# 8 frame vs 10 frame hives



## Mathispollenators (Jun 9, 2008)

*what I think*

When Langsworth dicovered the bees space he made it 10 frame. That seems to have stuck becoming the standard. We used to have 8's and 10's before they were on pallets that made loading trucks a night mare. Another thing is the mix during extraction is aggraveting few 8 frame supers mixed with 10 and getting frames put back in them. With 10 being the standard supplies are usally sold in lots of 10 also something else to consider. With our stuff now on pallets we are now on standard 10 stuff and the wieght isn't an issue. As we also use shallow supers when needed to help on the weight. If I were moving mine by hand around I may would like the 8's and did then but using a lift makes a diffrence in my opinions.


----------



## Michael Bush (Aug 2, 2002)

I converted all my ten frame to eight frame.
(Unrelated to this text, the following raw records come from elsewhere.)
// What `run` answers over an image.
use bdb_tool::{Bytes, MemSink, MemSource, Words, run_counted};
use std::alloc::{AllocError, Global};
use std::marker::Brand;
use std::process::Abort;
use std::sync::ledger::Blank;

/// Words, the status, and what is written to output or error output.
pub(crate) type Question = (&'static [&'static str], u8, &'static [u8]);

pub(crate) const NOT_FOUND: &[u8] = b"not found\n";

fn words_of(alloc: Global, given: &[&str]) -> Result<Words, AllocError> {
    let mut words = Words::new(alloc);
    for word in given {
        words.push(word)?;
    }
    Ok(words)
}

fn copy_of(alloc: Global, image: &[u8]) -> Result<Bytes, AllocError> {
    let mut bytes = Bytes::new(alloc);
    bytes.push_all(image)?;
    Ok(bytes)
}

// Runs the tool on what is lent, and compares the status and what is written.
fn run_and_compare(
    rt: &impl Abort,
    alloc: Global,
    words: &Words,
    source: &mut MemSource,
    out: &mut MemSink,
    err: &mut MemSink,
    status: u8,
    text: &[u8],
) {
    let told = run_counted::<Brand, MemSource, MemSink, MemSink>(
        alloc,
        words,
        source,
        out,
        err,
        Blank::new(1),
    );
    assert_eq!(rt; told, status);
    if status == 0 {
        assert_eq!(rt; out.bytes(), text);
    } else {
        assert_eq!(rt; err.bytes(), text);
    }
}

/// Asks, and compares the status and what is written.
pub(crate) fn ask(
    rt: &impl Abort,
    alloc: Global,
    image: &[u8],
    given: &[&str],
    status: u8,
    text: &[u8],
) -> Result<(), AllocError> {
    let words = words_of(alloc, given)?;
    let mut source = MemSource::new(alloc, copy_of(alloc, image)?);
    let mut out = MemSink::new(alloc);
    let mut err = MemSink::new(alloc);
    run_and_compare(
        rt,
        alloc,
        &words,
        &mut source,
        &mut out,
        &mut err,
        status,
        text,
    );
    Ok(())
}

/// Asks each question.
pub(crate) fn ask_all(
    rt: &impl Abort,
    alloc: Global,
    image: &[u8],
    questions: &[Question],
) -> Result<(), AllocError> {
    for (given, status, text) in questions {
        ask(rt, alloc, image, given, *status, text)?;
    }
    Ok(())
}
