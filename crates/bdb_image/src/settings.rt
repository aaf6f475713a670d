ghost use Rattle.std.specs.Prelude.{◌≡◌};
ghost use Rattle.bdb_image.specs.Metas.{meta_seen};
ghost use Rattle.bdb_faults.specs.of_format.Terms.{btree_settings, hash_settings, queue_settings, recno_settings, settings_of};

use crate::Meta;
use bdb_faults::{BtreeMeta, HashMeta, Kind, Order, QueueMeta, Settings, plain_settings};

fn btree_settings(meta: &BtreeMeta, page_size: u32, order: Order) -> Settings
    ensures { result ≡ btree_settings page_size order meta.now }
{
    Settings {
        duplicates: meta.has_duplicates(),
        sorted: meta.is_sorted(),
        recnum: meta.counts_records(),
        minkey: meta.minkey,
        ..plain_settings(Kind::Btree, page_size, order)
    }
}

fn recno_settings(meta: &BtreeMeta, page_size: u32, order: Order) -> Settings
    ensures { result ≡ recno_settings page_size order meta.now }
{
    Settings {
        renumber: meta.renumbers(),
        fixed: meta.is_fixed(),
        re_len: meta.re_len,
        re_pad: meta.re_pad,
        ..plain_settings(Kind::Recno, page_size, order)
    }
}

fn hash_settings(meta: &HashMeta, page_size: u32, order: Order) -> Settings
    ensures { result ≡ hash_settings page_size order meta.now }
{
    Settings {
        duplicates: meta.has_duplicates(),
        sorted: meta.is_sorted(),
        ffactor: meta.ffactor,
        ..plain_settings(Kind::Hash, page_size, order)
    }
}

fn queue_settings(meta: &QueueMeta, page_size: u32, order: Order) -> Settings
    ensures { result ≡ queue_settings page_size order meta.now }
{
    Settings {
        fixed: true,
        re_len: meta.re_len,
        re_pad: meta.re_pad,
        ..plain_settings(Kind::Queue, page_size, order)
    }
}

impl Meta {
    /// The settings of the database with these fields, in a file of this page size and byte order, as the header of its dump text
    /// shows them.
    pub fn settings(&self, page_size: u32, order: Order) -> Settings
        ensures { result ≡ settings_of page_size order (meta_seen self.now) }
    {
        match self {
            Meta::Btree(meta) if meta.is_recno() => recno_settings(meta, page_size, order),
            Meta::Btree(meta) => btree_settings(meta, page_size, order),
            Meta::Hash(meta) => hash_settings(meta, page_size, order),
            Meta::Queue(meta) => queue_settings(meta, page_size, order),
        }
    }
}
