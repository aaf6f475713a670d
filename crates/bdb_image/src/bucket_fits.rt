ghost use Rattle.std.specs.Prelude.{◌≡◌, ◌≢◌, ◌<◌, ◌≤◌, ◌+◌, ◌^◌, if◌then◌else◌, ℕ, IfOk, OnOk, length};
ghost use Rattle.std.specs.List.{list_any, range_with_len};
ghost use Rattle.std.specs.Option.{option_map};
ghost use Rattle.bdb_faults.specs.of_format.Terms.{File, file_of, fit_code, reference_row_code};
ghost use Rattle.bdb_image.specs.Buckets.{AreFits, AreLasts, fails_as_bucket, run_refs};
ghost use Rattle.bdb_image.specs.Noted.{misfits_of};

use crate::Formed;
use crate::buckets::BucketRun;
use crate::fits::{Misfits, misfit};
use bdb_faults::{Reference, ReferenceRow, Sort};
use bdb_meta::u32_at;
use std::alloc::{AllocError, Global};

/// Which pages of a file fit as buckets: for each page, and for the end behind them, the last page below it that fails
/// by its type, counted from 1, and the last that fails by its previous page; 0 for none. So a run is judged at once.
#[derive(Drop)]
pub struct BucketFits {
    kinds: Vec<u32>,
    backs: Vec<u32>,
}

impl BucketFits {
    /// Judges each page as a bucket. It takes 8 bytes for each. An error means that memory ran out.
    pub fn of(alloc: Global, formed: &Formed<'_>) -> Result<BucketFits, AllocError>
        ensures { IfOk result (λ fits. AreFits (file_of formed.now) fits) }
    {
        let pages = formed.head().last + 1;
        let mut kinds = none_below(alloc, pages)?;
        let mut backs = none_below(alloc, pages)?;
        for page in 0..pages {
            let row = row_of(formed, page);
            add(
                &mut kinds,
                page,
                matches!(row, Some(ReferenceRow::WrongKind)),
            )?;
            add(
                &mut backs,
                page,
                matches!(row, Some(ReferenceRow::WrongBack)),
            )?;
        }
        Ok(BucketFits { kinds, backs })
    }

    /// With which rows some of the references to a run of pages fail.
    #[tactic(auto, using(crate::proofs::BucketLemmas::run_misfits))]
    pub fn misfits(&self, formed: &Formed<'_>, run: BucketRun) -> Misfits
        requires fits { AreFits (file_of formed.now) self.now }
        requires some { 0 < run.len }
        ensures { (holder place : ℕ) → result ≡ misfits_of (fit_code (file_of formed.now) holder) (run_refs place run.first run.len) }
    {
        Misfits::of_buckets(
            run.first == 0 || run.end() > u64::from(formed.head().last) + 1,
            any_fails(&self.kinds, run),
            any_fails(&self.backs, run),
        )
    }
}

/// The row with which a page fails as a bucket. Above page 0 a page without a number is a zero page, which fits, so the
/// bytes of the pages that a table has in reserve aren't all looked at.
#[tactic(auto, using(crate::proofs::BucketLemmas::unnumbered_pages))]
fn row_of(formed: &Formed<'_>, page: u32) -> Option<ReferenceRow>
    requires { page ≤ (file_of formed.now).last }
    ensures { option_map reference_row_code result ≡ fit_code (file_of formed.now) 0 (record { place = 0; sort = Sort.Bucket; target = page }) }
{
    let order = formed.head().order;
    if page > 0 && u32_at(formed.page_bytes(page), 8, order) == 0 {
        return None;
    }
    let as_bucket = Reference {
        place: 0,
        sort: Sort::Bucket,
        target: u64::from(page),
    };
    misfit(formed, 0, as_bucket)
}

/// Nothing fails below page 0. There is room for so many pages.
fn none_below(alloc: Global, pages: u32) -> Result<Vec<u32>, AllocError>
    ensures len { IfOk result (λ lasts. length lasts.items ≡ 1) }
    ensures lasts { IfOk result (λ lasts. (file : File) (code : ℕ) → AreLasts file code lasts.items) }
{
    let mut lasts = Vec::with_capacity(alloc, pages as usize + 1)?;
    lasts.push(0)?;
    Ok(lasts)
}

/// Adds the last page below the one behind a page, which fails or doesn't.
fn add(lasts: &mut Vec<u32>, page: u32, fails: bool) -> Result<(), AllocError>
    requires len { length lasts.old.items ≡ page + 1 }
    requires few { page < 2 ^ 21 }
    ensures len { OnOk result (length lasts.new.items ≡ page + 2) }
    ensures lasts { OnOk result ((file : File) (code : ℕ) → fails ≡ fails_as_bucket file code page
        → AreLasts file code lasts.old.items → AreLasts file code lasts.new.items) }
{
    let last = last_with(lasts[page as usize], page, fails);
    lasts.push(last)?;
    Ok(())
}

/// The last page that fails, counted from 1, with one more page behind those so far.
fn last_with(last: u32, page: u32, fails: bool) -> u32
    requires { page < 2 ^ 21 }
    ensures { result ≡ (if fails then page + 1 else last) }
{
    if fails { page + 1 } else { last }
}

/// Whether one of the pages of a run fails so. Those above the last page fail otherwise.
#[tactic(auto, using(crate::proofs::BucketLemmas::run_judged))]
fn any_fails(lasts: &[u32], run: BucketRun) -> bool
    requires { 0 < length lasts.now }
    ensures { (file : File) (code : ℕ) → length lasts.now ≡ file.last + 2 → code ≢ 1 → AreLasts file code lasts.now
        → result ≡ list_any (fails_as_bucket file code) (range_with_len run.first run.len) }
{
    let end = run.end().min(lasts.len() as u64 - 1);
    run.first < u64::from(lasts[end as usize])
}
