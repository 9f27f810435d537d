// A plan whose commands are all served, answered without arena and replies: the passes of resolving over no replies at all. Causes 10 and 8; where
// some command needs replies, that is said. specs/Served.antt says what comes out, proofs/Same.antt that resolving would answer the same.
#![tactic(auto)]

ghost use Rattle.std.specs.Prelude.{◌≡◌, true, ◌≤◌, length};
ghost use Rattle.resolving_walk.specs.Same.{result_head};
ghost use Rattle.resolving_passes.specs.Passes.{Begins, Fine};
ghost use Rattle.config.specs.declared.CacheMode.TheVariants.{All};
ghost use Rattle.plan.specs.Decode.{is_plan};
ghost use Rattle.served.specs.Served.{ServedIs};
ghost use Rattle.served.specs.Laws.{no_replies, WrittenFrom};

use config::{CacheMode, Cause};
use resolving_passes::Dry;
use resolving_step::Walk;
use resp3_element::Cursor;

// Writes the result.
fn write_served<'a>(
    plan: &'a [u8],
    none: &'a [u8],
    start: Walk,
    transaction: bool,
    n: u64,
    answer: &mut [u8],
) -> usize
    requires { Begins plan.now none.now start × (length (result_head transaction n) ≤ length answer.old)
        × Fine plan.now none.now start All 0 (length (result_head transaction n)) (length answer.old) }
    ensures { WrittenFrom plan.now none.now start transaction n answer.old answer.new result }
{
    let at = caching_cmd::write_result_head(answer, transaction, n);
    resolving_passes::answer_pass(plan, none, start, CacheMode::All, 0, answer, at)
}

// A plan that is one, with no replies.
fn served_checked<'a>(
    plan: &'a [u8],
    none: &'a [u8],
    answer: &mut [u8],
) -> Result<Option<usize>, Cause>
    requires { (is_plan plan.now ≡ true) × (none.now ≡ no_replies plan.now) }
    ensures { ServedIs plan.now answer.old answer.new result }
{
    let first = Cursor {
        at: 0,
        end: 0,
        left: 0,
    };
    let start = caching_cmd::start_at(first);
    let transaction = caching_cmd::is_transaction(plan);
    let n = caching_cmd::command_count(plan);
    let room = room::spend(Some(answer.len()), caching_cmd::head_len(transaction, n));
    match resolving_passes::dry_pass(plan, none, start, CacheMode::All, 0, room) {
        Dry::Wrong => Ok(None),
        Dry::Short => Err(Cause::ShortAnswer),
        Dry::Fits => {
            let end = write_served(plan, none, start, transaction, n, answer);
            Ok(Some(end))
        }
    }
}

// Answers a plan whose commands are all served: how many bytes of result stand in the answer buffer, or nothing where some command needs replies.
// Cause 10 comes first, then whether replies are needed, then cause 8.
pub fn served(plan: &[u8], answer: &mut [u8]) -> Result<Option<usize>, Cause>
    ensures { ServedIs plan.now answer.old answer.new result }
{
    if !plan_check::is_plan(plan) {
        return Err(Cause::BadPlan);
    }
    served_checked(plan, &plan[..0], answer)
}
The only advantages to the ten frame is the boxes are the same price and they hold two more frames and they are more common.


----------



## beemandan (Dec 5, 2005)

It seems like this came up a week or so ago....doesn't it MB?
In the same configuration an 8 frame hive is more likely to swarm (based on my experience).
Although any essential things you might need are available for 8 frame hives, some things aren't. I'd recommend that you check with your preferred supplier for any of the items you consider necessary as well as things that you 'want'.
I tried some 8 frame hives and they were OK. If the weight of supers is the issue you can always go to a shallow 10 frame.
Having said all of that, Steve Forrest of Brushy Mtn. is quite sold on 8 frames....as a result he does quite a selling job on them.


----------



## Paraplegic Racehorse (Jan 25, 2007)

There is some anecdotal evidence that 8-frame hives have better winter survival rates in cold climates. It has been suggested that the smaller cross-section allows the bees to find their stores easier. There is not substantiated research to back this that I am aware of.


----------



## Tom G. Laury (May 24, 2008)

*8 framers*

On bottom boards 8s will fall over fairly easy when they are supered up and full.


----------



## high rate of speed (Jan 4, 2008)

8 Frames would be much nicer for migrating.:thumbsup:


----------